■ Task material ■
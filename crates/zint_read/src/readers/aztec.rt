//! The Aztec symbol in an image (ISO/IEC 24778, reference decode algorithm).
ghost use Rattle.std.specs.Prelude.{◌≡◌, IfErr, IfOk};
ghost use Rattle.symbol_reader.specs.Reading.{IsFaultIn, IsReadingIn};
ghost use Rattle.zint_settings.specs.Looks.{IsFrame};
ghost use Rattle.zint_answers.specs.Steps.{MayAnswer};
ghost use Rattle.zint_read.specs.Images.{IsWithin};
ghost use Rattle.zint_read.specs.Seen.{sight_in};
ghost use Rattle.zint_read.specs.readers.Aztec.{grid_fault, reads_aztec, reads_sight};

use crate::frames::{seen_in, tells_lost};
use crate::images::bad_image;
use crate::report::report_of;
use crate::seen::Seen;
use std::alloc::Global;
use symbol_reader::{GridFault, LostReading, read_grid, read_unknown};
use zint_answers::{Fault, ImageFault, Refusal, SymbolFault};
use zint_settings::Frame;

/// The read report of the symbol in an image.
#[tactic(auto, using(zint_answers::proofs::Steps::stepping), unfolding(crate::specs::readers::Aztec::reads_aztec))]
pub(crate) fn read(alloc: Global, frame: Frame, bytes: &[u8]) -> Result<Vec<u8>, Fault>
    requires frame { IsFrame frame }
    requires short { IsWithin bytes.now }
    ensures { MayAnswer (λ report. report.items) result (reads_aztec frame bytes.now) }
{
    let seen = seen_in(alloc, frame, bytes)?;
    let read = reading_of(alloc, &seen)?;
    let report = report_of(alloc, tells_lost(frame), &read)?;
    Ok(report)
}

/// What a picture reads as, of which some modules may be unknown.
#[tactic(auto, using(crate::proofs::Refusals::sight_refused))]
fn reading_of(alloc: Global, seen: &Seen) -> Result<LostReading, Fault>
    ensures { MayAnswer (λ read. read) result (reads_sight (sight_in seen.now)) }
{
    match read_seen(alloc, seen) {
        Ok(read) => Ok(read),
        Err(fault) => Err(grid_fault(fault)),
    }
}

/// The same, with the faults of reading.
fn read_seen(alloc: Global, seen: &Seen) -> Result<LostReading, GridFault>
    ensures read { IfOk result (λ read. IsReadingIn (sight_in seen.now) read.reading read.lost) }
    ensures refused { IfErr result (IsFaultIn (sight_in seen.now)) }
{
    match seen {
        Seen::Known(grid) => {
            let reading = read_grid(alloc, grid)?;
            Ok(LostReading { reading, lost: 0 })
        }
        Seen::Marked(unknown) => {
            let read = read_unknown(alloc, unknown)?;
            Ok(read)
        }
    }
}

/// What a fault of a picture is here.
fn grid_fault(fault: GridFault) -> Fault
    ensures { result ≡ grid_fault fault }
{
    match fault {
        GridFault::NoMemory => Fault::NoMemory,
        GridFault::BadSide(width, rows) => bad_image(ImageFault::Side(width, rows)),
        GridFault::NoFinder(x, y) => bad_symbol(SymbolFault::NoFinder(x, y)),
        GridFault::BadMode(words) => bad_symbol(SymbolFault::BadMode(words)),
        GridFault::TooDamaged(codewords, check) => {
            bad_symbol(SymbolFault::TooDamaged { codewords, check })
        }
        GridFault::BadSpelling(place) => bad_symbol(SymbolFault::BadSpelling(place as u64)),
        GridFault::BadWord(place) => bad_symbol(SymbolFault::BadWord(place as u64)),
    }
}

/// The symbol cannot be read.
fn bad_symbol(fault: SymbolFault) -> Fault
    ensures { result ≡ Fault.Refused (Refusal.BadSymbol fault) }
{
    Fault::Refused(Refusal::BadSymbol(fault))
}
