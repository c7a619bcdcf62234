//! The commands of proof files: `prove` writes the proofs of what is foreseen of some PCRs, and
//! `check-proof` tries each proof of such a file over the components. Neither uses a TPM.
#![tactic(auto)]

mod asked;
mod checking;
mod proving;

pub use crate::asked::Asked;
pub use crate::checking::check_proof;
pub use crate::proving::prove;
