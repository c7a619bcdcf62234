//! `check-proof`: each proof of a file is tried over the components.
ghost use Rattle.std.specs.Prelude.{◌≡◌, ◌≢◌, ◌≤◌, ℕ, length, List as Sequence, Option as Maybe, Some, Err, IfOk, IfErr};
ghost use Rattle.std.specs.List.{All};
ghost use Rattle.pl_base.specs.Faults.{HasCause};
ghost use Rattle.pl_base.specs.FileMap.{FileMap};
ghost use Rattle.component_tree.specs.PlainTree.{plain};
ghost use Rattle.tpm_device.specs.Stored.{Stored};
ghost use Rattle.predict_proof.specs.Fault.{first_fault};
ghost use Rattle.predict_proof.specs.Proved.{HasShape};
ghost use Rattle.predict_proof.specs.ProofsIn.{proofs_in};
ghost use Rattle.pcrlock_line.specs.Causes.{HasCauses};
ghost use Rattle.pcrlock_line.specs.Machine.{Machine, Tells};
ghost use Rattle.pcrlock_line.specs.Outcome.{Gives};
ghost use Rattle.pcrlock_input.specs.Answering.{Answers};
ghost use Rattle.pcrlock_proofs.specs.CheckProof.{text_read, file_of, verdict_by, checked_of, check_proof_line};

use component_tree::Tree;
use pcrlock_answer::{Answer, checked_line, limit, malformed_at, no_such_file};
use pcrlock_input::{InputError, read_components};
use pcrlock_line::{Reply, Stop};
use pl_base::{Files, Name, ReadError};
use predict_proof::{ProofError, ProofFile, check, read_proofs};
use predictor::Window;
use std::alloc::Global;

/// The most bytes of a proof file.
const BYTE_LIMIT: u64 = 16_777_216;

/// The proof file that the bytes at the path spell.
fn read_text(alloc: Global, path: &Name, bytes: &[u8]) -> Result<ProofFile, InputError>
    ensures told { Answers (λ file. file) result (text_read path.now (proofs_in bytes.now)) }
    ensures fine { result ≢ Err InputError.Failed }
    ensures few { IfOk result (λ file. length file.proofs ≤ 12288) }
    ensures shaped { IfOk result (λ file. All (HasShape file.bank) file.proofs) }
{
    match read_proofs(alloc, bytes) {
        Ok(file) => Ok(file),
        Err(ProofError::BadLine(line)) => {
            Err(InputError::Refused(malformed_at(alloc, path.text(), line)?))
        }
        Err(ProofError::TooMany) => Err(InputError::Refused(limit(alloc, "proof-lines", 12_289)?)),
        Err(ProofError::Memory) => Err(InputError::Memory),
    }
}

/// The proof file at the path. The files stay as they are.
fn read_proof_file<F: Files>(
    alloc: Global,
    files: &mut F,
    path: &Name,
) -> Result<ProofFile, InputError>
    ensures cause { HasCause (F.faults files.old) (F.faults files.new) (result ≡ Err InputError.Failed) }
    ensures told { (held : FileMap) → F.held files.old ≡ Some held → Answers (λ file. file) result (file_of held path.now) }
    ensures few { IfOk result (λ file. length file.proofs ≤ 12288) }
    ensures shaped { IfOk result (λ file. All (HasShape file.bank) file.proofs) }
    ensures same { F.held files.new ≡ F.held files.old }
{
    match files.read(alloc, path.text(), BYTE_LIMIT) {
        Ok(bytes) => read_text(alloc, path, bytes.as_slice()),
        Err(ReadError::Missing) => Err(InputError::Refused(no_such_file(alloc, path.text())?)),
        Err(ReadError::TooLarge(size)) => {
            Err(InputError::Refused(limit(alloc, "proof-bytes", size)?))
        }
        Err(ReadError::Failed) => Err(InputError::Failed),
        Err(ReadError::Memory) => Err(InputError::Memory),
    }
}

/// The line that counts the proofs of the file, where each of them is proved.
fn verdict(
    alloc: Global,
    file: &ProofFile,
    tree: &Tree,
    location: &Window,
) -> Result<Vec<u8>, InputError>
    requires few { length file.now.proofs ≤ 12288 }
    requires shaped { All (HasShape file.now.bank) file.now.proofs }
    ensures told { Answers (λ text. text.items) result (verdict_by (length file.now.proofs) (first_fault file.now.bank file.now.locality location.now (plain tree.now.components) file.now.proofs)) }
    ensures fine { result ≢ Err InputError.Failed }
{
    let proofs = file.proofs.as_slice();
    match check(tree, location, file.bank, file.locality, proofs) {
        Ok(()) => Ok(checked_line(alloc, proofs.len() as u32)?),
        Err(error) => Err(InputError::Refused(Answer::NotProved(error.number() + 1))),
    }
}

/// The line that counts the proofs of the file at the path, where each of them is proved over the
/// components in the folders.
fn checked<F: Files>(
    alloc: Global,
    files: &mut F,
    proof: &Name,
    folders: &[Name],
    location: &Window,
) -> Result<Vec<u8>, InputError>
    ensures cause { HasCause (F.faults files.old) (F.faults files.new) (result ≡ Err InputError.Failed) }
    ensures told { (held : FileMap) → F.held files.old ≡ Some held → Answers (λ text. text.items) result (checked_of held proof.now folders.now location.now) }
    ensures same { F.held files.new ≡ F.held files.old }
{
    let file = read_proof_file(alloc, files, proof)?;
    let tree = read_components(alloc, files, folders)?;
    verdict(alloc, &file, &tree, location)
}

/// Tries each proof of the file `proof` over the components in the folders, of which the first hides
/// what stands under the same names in those behind it: its cut is one of those of the window
/// `location`, and its choice of variants before the cut leads to its values, from a restart at the
/// file's locality on, in the file's bank. It prints `checked` and the number of the proofs.
///
/// The answers for which it prints nothing, the first whose cause holds, first for the proof file, then
/// for the components and then for the proofs:
///
/// | Answer | Cause |
/// |---|---|
/// | `NoSuchFile` | the proof file isn't there |
/// | `Limit`, `proof-bytes` | it has this many bytes, more than 16,777,216 |
/// | `Malformed` | this line of it is bad; its first line has the number 0 |
/// | `Limit`, `proof-lines` 12289 | it has more than 12,288 lines behind the first |
/// | `Limit`, `entries` 4097 | a folder of components has more than 4,096 entries |
/// | `Malformed` at `name` | an entry gives a component or variant a bad name |
/// | `Limit`, `component-bytes` | a component file has this many bytes, more than 1,048,576 |
/// | `Malformed` at `json`, `records` or a number | it is no list of records |
/// | `Limit`, `records` 257 | it has more than 256 records |
/// | `Limit`, `variants` 65, `components` 257, `total` 65537 | there are more than 64, 256 or 65,536 records in all |
/// | `NotProved` | the proof on this line is the first that isn't proved |
///
/// The files stay as they are. It stops with `ReadFault` or `Memory`.
pub fn check_proof<F: Files>(
    alloc: Global,
    files: &mut F,
    proof: &Name,
    folders: &[Name],
    location: &Window,
) -> Result<Reply, Stop>
    ensures causes { HasCauses (F.faults files.old, 0, 0, 0) (F.faults files.new, 0, 0, 0) result }
    ensures told { (stored : Maybe Stored) (words : Maybe (Sequence (Sequence ℕ))) (m : Machine) → Tells (F.held files.old) stored words m
        → IfOk result (λ reply. Gives (F.held files.new) stored words reply (check_proof_line proof.now folders.now location.now m)) }
    ensures stops { (stored : Maybe Stored) (words : Maybe (Sequence (Sequence ℕ))) (m : Machine) → Tells (F.held files.old) stored words m
        → IfErr result (λ _. Tells (F.held files.new) stored words m) }
    ensures same { F.held files.new ≡ F.held files.old }
{
    match checked(alloc, files, proof, folders, location) {
        Ok(text) => Ok(Reply::Fine(text)),
        Err(InputError::Refused(answer)) => Ok(Reply::Refused(answer)),
        Err(InputError::Failed) => Err(Stop::ReadFault),
        Err(InputError::Memory) => Err(Stop::Memory),
    }
}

■ Exercise directions ■
Look above for the line with "let tree = read_components(alloc, files, folders)?;" and the line with "of the proofs.". Write out those two lines and all the lines between them, exactly, and no others.

■ Exercise output ■
    let tree = read_components(alloc, files, folders)?;
    verdict(alloc, &file, &tree, location)
}

/// Tries each proof of the file `proof` over the components in the folders, of which the first hides
/// what stands under the same names in those behind it: its cut is one of those of the window
/// `location`, and its choice of variants before the cut leads to its values, from a restart at the
/// file's locality on, in the file's bank. It prints `checked` and the number of the proofs.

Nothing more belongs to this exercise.